TASK INSTRUCTIONS —
Transcribe each of the entries exactly.
THE DATA below:
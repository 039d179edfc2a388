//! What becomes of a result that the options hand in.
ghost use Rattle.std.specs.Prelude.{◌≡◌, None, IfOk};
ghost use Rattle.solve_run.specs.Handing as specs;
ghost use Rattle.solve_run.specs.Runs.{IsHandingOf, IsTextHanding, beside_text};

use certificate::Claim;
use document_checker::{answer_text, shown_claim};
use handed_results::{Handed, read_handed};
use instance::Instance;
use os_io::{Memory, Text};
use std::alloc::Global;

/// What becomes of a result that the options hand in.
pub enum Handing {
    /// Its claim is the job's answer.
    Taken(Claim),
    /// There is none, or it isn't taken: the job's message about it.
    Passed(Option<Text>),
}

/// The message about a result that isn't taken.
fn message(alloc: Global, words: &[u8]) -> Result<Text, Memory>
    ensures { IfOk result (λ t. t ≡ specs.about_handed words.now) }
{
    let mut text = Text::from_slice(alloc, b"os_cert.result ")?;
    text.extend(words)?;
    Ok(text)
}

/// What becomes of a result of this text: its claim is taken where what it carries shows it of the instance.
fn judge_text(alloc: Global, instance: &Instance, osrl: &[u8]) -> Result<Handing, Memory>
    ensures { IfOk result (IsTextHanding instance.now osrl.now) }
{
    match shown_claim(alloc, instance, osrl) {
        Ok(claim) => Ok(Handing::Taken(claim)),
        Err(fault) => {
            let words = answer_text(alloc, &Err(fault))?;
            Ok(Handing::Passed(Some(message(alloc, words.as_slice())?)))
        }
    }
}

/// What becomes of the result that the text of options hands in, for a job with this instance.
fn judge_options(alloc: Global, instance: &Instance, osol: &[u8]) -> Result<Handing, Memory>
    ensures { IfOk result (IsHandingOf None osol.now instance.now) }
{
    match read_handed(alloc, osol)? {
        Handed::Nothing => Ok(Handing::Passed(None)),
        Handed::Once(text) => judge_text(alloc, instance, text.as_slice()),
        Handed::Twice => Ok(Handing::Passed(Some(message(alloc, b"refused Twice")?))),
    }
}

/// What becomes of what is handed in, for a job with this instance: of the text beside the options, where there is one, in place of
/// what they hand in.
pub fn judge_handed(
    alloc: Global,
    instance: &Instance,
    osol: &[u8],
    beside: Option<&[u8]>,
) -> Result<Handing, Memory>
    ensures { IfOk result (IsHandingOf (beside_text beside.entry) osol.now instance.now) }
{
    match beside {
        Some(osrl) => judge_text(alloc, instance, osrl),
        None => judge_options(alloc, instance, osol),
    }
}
End of THE DATA.
WRITTEN ANSWER —
repository 039d179edfc2a388
//! What becomes of a result that the options hand in.
ghost use Rattle.std.specs.Prelude.{◌≡◌, None, IfOk};
ghost use Rattle.solve_run.specs.Handing as specs;
ghost use Rattle.solve_run.specs.Runs.{IsHandingOf, IsTextHanding, beside_text};

use certificate::Claim;
use document_checker::{answer_text, shown_claim};
use handed_results::{Handed, read_handed};
use instance::Instance;
use os_io::{Memory, Text};
use std::alloc::Global;

/// What becomes of a result that the options hand in.
pub enum Handing {
    /// Its claim is the job's answer.
    Taken(Claim),
    /// There is none, or it isn't taken: the job's message about it.
    Passed(Option<Text>),
}

/// The message about a result that isn't taken.
fn message(alloc: Global, words: &[u8]) -> Result<Text, Memory>
    ensures { IfOk result (λ t. t ≡ specs.about_handed words.now) }
{
    let mut text = Text::from_slice(alloc, b"os_cert.result ")?;
    text.extend(words)?;
    Ok(text)
}

/// What becomes of a result of this text: its claim is taken where what it carries shows it of the instance.
fn judge_text(alloc: Global, instance: &Instance, osrl: &[u8]) -> Result<Handing, Memory>
    ensures { IfOk result (IsTextHanding instance.now osrl.now) }
{
    match shown_claim(alloc, instance, osrl) {
        Ok(claim) => Ok(Handing::Taken(claim)),
        Err(fault) => {
            let words = answer_text(alloc, &Err(fault))?;
            Ok(Handing::Passed(Some(message(alloc, words.as_slice())?)))
        }
    }
}

/// What becomes of the result that the text of options hands in, for a job with this instance.
fn judge_options(alloc: Global, instance: &Instance, osol: &[u8]) -> Result<Handing, Memory>
    ensures { IfOk result (IsHandingOf None osol.now instance.now) }
{
    match read_handed(alloc, osol)? {
        Handed::Nothing => Ok(Handing::Passed(None)),
        Handed::Once(text) => judge_text(alloc, instance, text.as_slice()),
        Handed::Twice => Ok(Handing::Passed(Some(message(alloc, b"refused Twice")?))),
    }
}

/// What becomes of what is handed in, for a job with this instance: of the text beside the options, where there is one, in place of
/// what they hand in.
pub fn judge_handed(
    alloc: Global,
    instance: &Instance,
    osol: &[u8],
    beside: Option<&[u8]>,
) -> Result<Handing, Memory>
    ensures { IfOk result (IsHandingOf (beside_text beside.entry) osol.now instance.now) }
{
    match beside {
        Some(osrl) => judge_text(alloc, instance, osrl),
        None => judge_options(alloc, instance, osol),
    }
}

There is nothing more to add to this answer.